Welcome to WebmasterWorld Guest from 220.127.116.11
Forum Moderators: incrediBILL
Just for interest and consistency, Brett: what service/application did you use to do the validations?
I checked a few with CSE HTML Validator, and got results consistent with yours, though not identical.
The HTML quality control on some of these sites is mind-numbingly stupid. And they can't blame all of the errors on paring down for speed: there are things like stray close tags with no preceding open. D'oh!
I'm not even going to comment on the number of errors returned by M$N - that would be just too easy!
On the whole, regarding your results, and the question of the possiblity of search engines rewarding pages with validating code higher rankings [webmasterworld.com] over similar content pages fraught with errors: I wonder if it's kinda like havin' a 350lb., deep-fried-food eatin', three packs of cigarettes a day Cardiologist scolding patients for not taking better care of themselves?
I wouldn't accept pages like these from any team member I work with.
There has always been a segment of Web developers who insist on writing valid code; the numbers appear to be increasing.
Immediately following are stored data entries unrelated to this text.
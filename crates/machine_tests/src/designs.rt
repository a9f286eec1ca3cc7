// What designs are made of, runs of them, and the values of their registers.
ghost use Rattle.std.specs.Prelude.{◌≡◌, ◌<◌, ◌+◌, ◌*◌, map, length, IfOk};
ghost use Rattle.typed_ir.specs.FlatNodes.{node_of};
ghost use Rattle.typed_ir.specs.Flats.{NodeWritesFirst};
ghost use Rattle.typed_ir.specs.Nodes.{IsComplete};
ghost use Rattle.typed_ir.specs.Orders.{Each};
ghost use Rattle.cycle_eval.specs.Designs.{work_of};
ghost use Rattle.machine.specs.Rows.{Covers};

use bits::Bits;
use comb_order::{Parts, checked_flat, linked, no_block};
use cycle_eval::Design;
use ls_text::{NameId, NoMemory};
use machine::Machine;
use machine::row_run::RowRun;
use machine::row_runs::RowRuns;
use machine::steps::Steps;
use state_layout::SlotState;
use std::alloc::Global;
use std::process::Abort;
use std::sync::Arc;
use std::sync::ledger::Ledger;
use stimulus::Row;
use typed_ir::{
    ArithmeticOperator, BinaryOperator, InstanceId, InstanceTable, Lane, Node, RegisterId, Signal,
    SignalId, Span, Stmt, Target, TargetForm, Typed,
};

// The table of one instance.
pub fn top(alloc: Global) -> Result<InstanceTable, NoMemory> {
    InstanceTable::of_top(alloc, NameId(0))
}

// Signals of these widths and values at the beginning, all of one instance.
pub fn signals(
    rt: &impl Abort,
    alloc: Global,
    list: &[(u8, u128)],
) -> Result<Vec<Signal>, NoMemory> {
    let mut signals = Vec::new(alloc);
    for (width, initial) in list {
        assert!(rt; 1 <= *width && *width <= 128);
        signals.push(Signal {
            in_module: NameId(0),
            instance: InstanceId(0),
            name: NameId(signals.len() as u64),
            lsb: 0,
            signed: false,
            width: *width,
            initial: Bits::new(*width, *initial).value(),
        })?;
    }
    Ok(signals)
}

// A design without a combinational block.
#[tactic(auto, using(comb_order::proofs::Flatten::complete_of, comb_order::proofs::Flatten::first_of))]
pub fn design_of(rt: &impl Abort, alloc: Global, parts: Parts) -> Result<Design, NoMemory>
    ensures { IfOk result (λ design. work_of design ≡ length parts.nodes.items + length parts.clocked.items) }
{
    assert!(rt; no_block(&parts.nodes));
    design_with(rt, alloc, parts)
}

// A design whose blocks write each of their bits on every path, and before they read it.
#[tactic(auto, using(crate::proofs::Works::work_is))]
pub fn design_with(rt: &impl Abort, alloc: Global, parts: Parts) -> Result<Design, NoMemory>
    requires complete { Each IsComplete (map node_of parts.nodes.items) }
    requires first { Each NodeWritesFirst (map node_of parts.nodes.items) }
    ensures { IfOk result (λ design. work_of design ≡ length parts.nodes.items + length parts.clocked.items) }
{
    assert!(rt; parts.nodes.len() < 1_000_000);
    let design = checked_flat(alloc, parts)?.expect(rt, "a design");
    match linked(alloc, design) {
        Ok(linked) => Ok(Design::make(alloc, linked).expect(rt, "few words")),
        Err(_) => Err(NoMemory),
    }
}

// The numbers of a state.
pub fn values_of(alloc: Global, state: &SlotState) -> Result<Vec<u128>, NoMemory> {
    let mut values = Vec::new(alloc);
    for i in 0..state.len() {
        values.push(state.read(RegisterId(i)).value())?;
    }
    Ok(values)
}

// The rows of the cycles 0 to N - 1, which set nothing.
pub fn rows(alloc: Global, cycles: u64) -> Result<RowRuns<Row>, NoMemory>
    ensures { IfOk result (λ r. Covers r 0 cycles) }
{
    let mut runs = Vec::new(alloc);
    runs.push(RowRun {
        start: 0,
        end: cycles,
        row: Arc::new(alloc, Row::new(alloc))?,
    })?;
    RowRuns::new(0, cycles, runs)
}

// The state after so many cycles from the beginning.
pub fn state_after<L: Ledger>(
    alloc: Global,
    design: &Design,
    cycles: u64,
    steps: &mut Steps<L>,
) -> Result<SlotState, NoMemory>
    ensures { IfOk result (λ _. steps.new ≡ steps.old + cycles * work_of design.now) }
{
    let rows = rows(alloc, cycles)?;
    let start = design.reset(alloc)?;
    design.advance(alloc, &rows, &start, 0, cycles, steps)
}

fn ids(alloc: Global, numbers: &[u32]) -> Result<Vec<SignalId>, NoMemory> {
    let mut ids = Vec::new(alloc);
    for number in numbers {
        ids.push(SignalId(*number))?;
    }
    Ok(ids)
}

// A design of one instance, with signals of these widths and values at the beginning, of which these are registers and these inputs.
pub fn made(
    rt: &impl Abort,
    alloc: Global,
    list: &[(u8, u128)],
    registers: &[u32],
    inputs: &[u32],
    nodes: Vec<Node>,
    clocked: Vec<Stmt>,
) -> Result<Design, NoMemory>
    ensures { IfOk result (λ design. work_of design ≡ length nodes.items + length clocked.items) }
{
    let parts = Parts {
        instances: top(alloc)?,
        signals: signals(rt, alloc, list)?,
        registers: ids(alloc, registers)?,
        inputs: ids(alloc, inputs)?,
        nodes,
        clocked,
    };
    design_of(rt, alloc, parts)
}

pub fn whole(signal: u32, width: u8) -> Lane
    ensures { result ≡ record { shift = 0; span = record { signal = signal; low = 0; width = width } } }
{
    Lane {
        shift: 0,
        span: Span {
            signal: SignalId(signal),
            low: 0,
            width,
        },
    }
}

// SIGNAL <= E;
pub fn later(alloc: Global, signal: u32, width: u8, e: Typed) -> Result<Stmt, NoMemory> {
    let mut parts = Vec::new(alloc);
    parts.push(Target::Fixed(whole(signal, width)))?;
    Ok(Stmt::Later {
        targets: parts,
        value: e,
    })
}

// assign SIGNAL = E;
pub fn assign(alloc: Global, signal: u32, width: u8, e: Typed) -> Result<Node, NoMemory> {
    let mut lanes = Vec::new(alloc);
    lanes.push(whole(signal, width))?;
    Ok(Node::Drive {
        form: TargetForm::Name,
        lanes,
        value: e,
    })
}

fn number(n: u8, width: u8) -> Typed
    requires some { 0 < width }
    requires few { width < 9 }
    ensures { result.width ≡ width }
{
    Typed::constant(Bits::new(width, u128::from(n)))
}

pub fn plus(alloc: Global, signal: u32, width: u8, n: u8) -> Result<Typed, NoMemory>
    requires some { 0 < width }
    requires few { width < 9 }
{
    let sum = BinaryOperator::Arithmetic(ArithmeticOperator::Sum);
    Typed::binary(
        alloc,
        sum,
        Typed::name(SignalId(signal), width),
        number(n, width),
    )
}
I suspect with the growing awareness of Web Standards, and accessibility issues finally coming into the forefront, that at some point, even the "big boys" will heed the call. That WOULD set a great example...
I'm a DMOZ editor, and it is not part of my brief.
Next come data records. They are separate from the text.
// The steps of a design with nodes and blocks, counted by hand.
ghost use Rattle.std.specs.Prelude.{◌≡◌, ◌<◌, ◌+◌, IfOk};
ghost use Rattle.cycle_eval.specs.Designs.{work_of};

use crate::designs::{assign, later, made, plus, state_after, values_of};
use cycle_eval::Design;
use ls_text::NoMemory;
use machine::steps::Steps;
use std::alloc::Global;
use std::marker::Brand;
use std::process::Abort;
use std::sync::ledger::{Blank, Ledger};
use std::test::Fail;
use typed_ir::{SignalId, Typed};

// reg [3:0] a = 1; reg [3:0] b = 2; wire [3:0] v = b + 1; wire [3:0] w = v + 1; always @(posedge clk) a <= v; always @(posedge clk) b <= w;
// Two nodes and two blocks are four steps a cycle.
fn two_and_two(rt: &impl Abort, alloc: Global) -> Result<Design, NoMemory>
    ensures { IfOk result (λ design. work_of design ≡ 4) }
{
    let nodes = vec![in alloc;
        assign(alloc, 3, 4, plus(alloc, 2, 4, 1)?)?,
        assign(alloc, 2, 4, plus(alloc, 1, 4, 1)?)?,
    ]?;
    let clocked = vec![in alloc;
        later(alloc, 0, 4, Typed::name(SignalId(2), 4))?,
        later(alloc, 1, 4, Typed::name(SignalId(3), 4))?,
    ]?;
    let list = [(4, 1), (4, 2), (4, 0), (4, 0)];
    made(rt, alloc, &list, &[0, 1], &[], nodes, clocked)
}

// Three cycles of four steps.
fn three_cycles<L: Ledger>(
    alloc: Global,
    design: &Design,
    steps: &mut Steps<L>,
) -> Result<Vec<u128>, NoMemory>
    requires { work_of design.now ≡ 4 }
    ensures { IfOk result (λ _. steps.new ≡ steps.old + 12) }
{
    let state = state_after(alloc, design, 3, steps)?;
    values_of(alloc, &state)
}

fn counted<L: Ledger>(rt: &impl Abort, alloc: Global, blank: Blank) -> Result<Vec<u128>, NoMemory>
    requires name { blank.name ≡ L.name }
    requires parts { blank.parts ≡ L.parts }
    requires some { 0 < blank.parts }
{
    let mut steps = Steps::<L>::start(blank);
    let design = two_and_two(rt, alloc)?;
    three_cycles(alloc, &design, &mut steps)
}

// b goes up by 2 each cycle, and a is the b before and 1.
#[test]
fn twelve_steps(rt: HostRuntime) -> Result<(), Fail> {
    let values = counted::<Brand>(&rt, rt.alloc(), Blank::new(1))?;
    assert_eq!(rt; values.as_slice(), [7, 8].as_slice());
    Ok(())
}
If a site doesn't display in my usual working environment (Windows/Opera, all plug-ins and Java disabled), I will go back and take another look (I have Mozilla, IE, Amaya and Lynx to try).
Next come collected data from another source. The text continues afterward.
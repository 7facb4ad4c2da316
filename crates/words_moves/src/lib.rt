// Bits of a word written, at any width, and what that does to the pins: clear, mask, edge fields, latch, configuration.
#![tactic(auto)]

ghost use Rattle.std.specs.Prelude.{◌≡◌, ℕ, ◌+◌, ◌<◌, get_or};
ghost use Rattle.bits.specs.Bits.{bit};
ghost use Rattle.pins.specs.Pin.{only, clear_written, mask_written, edge_written, latch_written, configuration_written};
ghost use Rattle.pins.specs.AllPins.{Within, map_pins};
ghost use Rattle.words.specs.Words.{sets_in, with_sets, merged_at, merged_pair};

use words::{CONFIGURATION, LATCH, MASK, RISING};

// The bits of here in the word become those of on.
pub fn put(words: &mut [u64; 28], at: usize, here: u64, on: u64)
    requires { at < 28 }
    ensures { words.new ≡ merged_at words.old at here on }
{
    let word = words[at];
    words[at] = (word ^ (word & here)) | on;
}

// The bits of here in two words become those of low and of high.
pub fn put_pair(words: &mut [u64; 28], at: usize, here: u64, low: u64, high: u64)
    requires { at + 1 < 28 }
    ensures { words.new ≡ merged_pair words.old at here low high }
{
    put(words, at, here, low);
    put(words, at + 1, here, high);
}

pub fn write_configuration(words: &mut [u64; 28], here: u64, on: u64)
    ensures { (width : ℕ) → Within width (sets_in words.old) → words.new
        ≡ with_sets (merged_at words.old 4 here on)
        (map_pins width (sets_in words.old)
        (λ i. only (bit here i) (configuration_written (bit (get_or words.old 5 0) i) (bit (get_or words.old 4 0) i) (bit on i)))) }
{
    let x = words::sets_in(&*words);
    let y = pins_writes::write_configuration(x, words[CONFIGURATION], words[LATCH], here, on);
    put(words, CONFIGURATION, here, on);
    words::put_sets(words, y);
}

pub fn write_latch(words: &mut [u64; 28], here: u64, on: u64)
    ensures { (width : ℕ) → Within width (sets_in words.old) → words.new
        ≡ with_sets (merged_at words.old 5 here on)
        (map_pins width (sets_in words.old)
        (λ i. only (bit here i) (latch_written (bit (get_or words.old 4 0) i) (bit (get_or words.old 5 0) i) (bit on i)))) }
{
    let x = words::sets_in(&*words);
    let y = pins_writes::write_latch(x, words[CONFIGURATION], words[LATCH], here, on);
    put(words, LATCH, here, on);
    words::put_sets(words, y);
}

pub fn write_mask(words: &mut [u64; 28], here: u64, on: u64)
    ensures { (width : ℕ) → Within width (sets_in words.old) → words.new
        ≡ with_sets (merged_at words.old 6 here on)
        (map_pins width (sets_in words.old) (λ i. only (bit here i) (mask_written (bit on i)))) }
{
    let x = words::sets_in(&*words);
    let y = pins_writes::write_mask(x, here, on);
    put(words, MASK, here, on);
    words::put_sets(words, y);
}

pub fn write_clear(words: &mut [u64; 28], here: u64, on: u64)
    ensures { (width : ℕ) → Within width (sets_in words.old) → words.new
        ≡ with_sets words.old
        (map_pins width (sets_in words.old) (λ i. only (bit here i) (clear_written (bit on i)))) }
{
    let x = words::sets_in(&*words);
    let y = pins_writes::write_clear(x, here, on);
    words::put_sets(words, y);
}

pub fn write_fields(words: &mut [u64; 28], here: u64, low: u64, high: u64)
    ensures { (width : ℕ) → Within width (sets_in words.old) → words.new
        ≡ with_sets (merged_pair words.old 8 here low high)
        (map_pins width (sets_in words.old) (λ i. only (bit here i) (edge_written (bit low i) (bit high i)))) }
{
    let x = words::sets_in(&*words);
    let y = pins_writes::write_edge(x, here, low, high);
    put_pair(words, RISING, here, low, high);
    words::put_sets(words, y);
}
But that other look may not be for a week or two. So at the very least, the submission gets delayed.
I've never excluded a site for rendering too poorly to be of use. But I wouldn't rule it out. If it can't be read, it can hardly be useful content.
No, ODP editors do not take code validation into consideration in a site unless it hinders navigation to the point where it is impossible. I've run into sites poorly coded that I couldn't find the navigational links so I couldn't review the site, so I couldn't accept it. :(
Also, I rarely edit with Flash and Java turned on, simply because of my only internet connection choice, 24k dialup. In that case, I leave the site in unreviewed for another editor to look at, which may delay the inclusion, but it isn't rejected.
The MSN team must have been all "designers" and no "coders". :)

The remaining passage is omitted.